Elizabeth Catlett's Studies in Racism

Elizabeth Catlett's Studies in Racism

LiveAuctionTalk.com:  by Rosemary McKittrick

Swann Auction Galleries.

First and foremost Elizabeth Catlett is a black woman and artist.  Her politically powerful artwork depicts the everyday life of working class people. 

We have to create an art for liberation and for life.
— Elizabeth Catlett

For inspiration she looked to her community.  Catlett was closely connected to it and her goal was to show the relationship between the black struggle and the struggle of oppressed people everywhere. 

A granddaughter of slaves, strong black women and mothers were a trademark of her work.  Catlett rose to fame in the 1960s as a political activist, painter, sculptor and printmaker.

“We have to create an art for liberation and for life,” she said.

Her work forced Americans to look racism in the face.  Her subjects spoke to a climate of violence in the world and a people’s will to survive out of pure grit.

Catlett attended Howard University in Washington, D.C., and studied art under James A. Porter, Lois Mailou Jones and James Wells.  From the beginning she focused on women and her work spanned more than 70 years. 

After graduating from Howard in 1937 she taught high school in Durham, N.C., and received her Master of Fine Arts degree in 1940 from the Univ. of Iowa where she studied under Grant Wood.  She said Wood was always kind to her and called her Miss Catlett.  His idea was that artists should paint what they know best and so that’s what Catlett did.   She was the first student to receive a Master's degree in sculpture from the university.

She traveled to Mexico in 1946 and ultimately became a Mexican citizen settling in Cuernavaca Morelos, Mexico.  In Mexico she married artist Francisco Mora. 

Working class Mexican women like African-American women were another focal point for her.  

Printmaking was especially interesting to Catlett because it was an affordable medium for reaching lots of people.  In Mexico Catlett worked with the People's Graphic Arts Workshop.  They were a group of printmakers dedicated to using their artwork to promote social change.  

Because of her left wing political views she was investigated by the House Un-American Activities Committee during the 1950s and labeled an “undesirable” alien by the State Department.   

Catlett is especially known for her black Expressionistic sculptures and prints from the 1960s and 1970s.  Her works also focus on mothers and children and sculptures of famous African Americans.  Catlett taught at the National School of Fine Arts in Mexico City from 1958 until 1976.  

In 2003, she unveiled a sculpture honoring the late author Ralph Ellison.  He was the author of the 1952 novel, “Invisible Man.”  The sculpture was commissioned by the City of New York Parks & Recreation Department and is situated in Riverside Park in Harlem.

Catlett’s paintings and sculptures are housed in the Metropolitan Museum of Art, the Baltimore Museum of Art and the New Orleans Museum of Art.

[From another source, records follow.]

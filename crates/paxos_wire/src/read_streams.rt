//! The messages of a whole stream, however its bytes are cut into pieces.

ghost use Rattle.std.specs.Prelude.{◌≡◌, length, ◌<◌, IfSome, IfOk, IfErr, OnOk, ℕ, List, Option, IfNone};
ghost use Rattle.std.specs.List.{flat_map, AllByRecursion};
ghost use Rattle.paxos_wire.specs.declared.message.Message.{Message};
ghost use Rattle.paxos_wire.specs.Fits.{IsMessage};
ghost use Rattle.paxos_wire.specs.declared.fault.FrameFault.{FrameFault};
ghost use Rattle.paxos_wire.specs.Stream.{IsStreamOf, IsPartial, IsFaulty, IsRest, Splits};

use crate::fault::FrameFault;
use crate::feed::Feed;
use crate::kept_message::KeptMessage;
use crate::message_room::MessageRoom;
use std::alloc::{AllocError, Global};

/// Takes the next message out of a feed, through the room; `None` where there is none yet, an `Err` inside at the fault.
fn take_message(
    alloc: Global,
    feed: &mut Feed,
    room: &mut MessageRoom,
    messages: &mut Vec<KeptMessage>,
) -> Result<Option<Result<(), FrameFault>>, AllocError>
    ensures stream { OnOk result ((stream : List ℕ) → IsStreamOf messages.old.items feed.old.waiting stream → IsStreamOf messages.new.items feed.new.waiting stream) }
    ensures each { AllByRecursion IsMessage messages.old.items → AllByRecursion IsMessage messages.new.items }
    ensures waits { IfOk result (λ taken. IfNone taken (IsPartial feed.new.waiting)) }
    ensures taken { IfOk result (λ taken. IfSome taken (λ r. IfOk r (λ _. length feed.new.waiting < length feed.old.waiting))) }
    ensures fault { IfOk result (λ taken. IfSome taken (λ r. IfErr r (λ f. IsFaulty feed.new.waiting f))) }
{
    match feed.next(room) {
        None => Ok(None),
        Some(Ok(message)) => {
            let kept = KeptMessage::of(alloc, &message)?;
            messages.push(kept)?;
            Ok(Some(Ok(())))
        }
        Some(Err(fault)) => Ok(Some(Err(fault))),
    }
}

/// Takes every message that is whole out of a feed, through the room, up to its fault, if it has one.
fn take_messages(
    alloc: Global,
    feed: &mut Feed,
    room: &mut MessageRoom,
    messages: &mut Vec<KeptMessage>,
) -> Result<Option<FrameFault>, AllocError>
    ensures stream { OnOk result ((stream : List ℕ) → IsStreamOf messages.old.items feed.old.waiting stream → IsStreamOf messages.new.items feed.new.waiting stream) }
    ensures each { AllByRecursion IsMessage messages.old.items → AllByRecursion IsMessage messages.new.items }
    ensures rest { IfOk result (λ fault. IsRest fault feed.new.waiting) }
{
    while let Some(taken) = take_message(alloc, feed, room, messages)? {
        if let Err(fault) = taken {
            return Ok(Some(fault));
        }
    }
    Ok(None)
}

/// The messages of a stream that comes in these pieces, in order, and its first fault, if it has one.
pub fn read_stream(
    alloc: Global,
    pieces: &[Vec<u8>],
) -> Result<(Vec<KeptMessage>, Option<FrameFault>), AllocError>
    // The stream is these messages, and then less than a frame, or this fault.
    ensures splits { IfOk result (λ x. Splits (flat_map (λ piece. piece.items) pieces.now) x.0.items x.1) }
    // It is no others, so it doesn't matter how the stream was cut into pieces.
    ensures only { IfOk result (λ x. (others : List Message) (fault : Option FrameFault) →
        Splits (flat_map (λ piece. piece.items) pieces.now) others fault → (others ≡ x.0.items) × (fault ≡ x.1)) }
{
    let mut feed = Feed::new(alloc);
    let mut room = MessageRoom::new();
    let mut messages = Vec::new(alloc);
    for piece in pieces {
        feed.feed(piece)?;
        if let Some(fault) = take_messages(alloc, &mut feed, &mut room, &mut messages)? {
            return Ok((messages, Some(fault)));
        }
    }
    Ok((messages, None))
}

On Feb 16, Swann Auction Galleries, New York, featured a selection of Catlett’s work in its African-American Fine Art auction.  

Elizabeth Catlett

Color Lithograph; Children with Flowers; signed, dated and numbered; 16/150; 1995; 25 ¼ inches by 18 ½ inches;  $1,440.

Color Photolithograph and Digital Print; Gossip; signed, titled, dated and numbered; 111/200; 2005; 15 ½ inches by 18 inches;  $2,160.

Linoleum Cut; Glory; printed in brown on black paper; artist’s proof; edition of 12; signed; titled; dated and inscribed; 1986; 14 ¼ inches by 9 inches;  $4,800.

Lithograph; Restaurant Patron (For Colored Only); signed; titled and dated; 1947; 9 ¼ inches by 6 inches;  $6,240.    

Color Linoleum Cut; Sharecropper; one of Catlett’s most iconic images; originally printed in 1952; signed; titled; dated; 24/60; 1970; 17 5/8 inches by 16 ½ inches;  $31,200.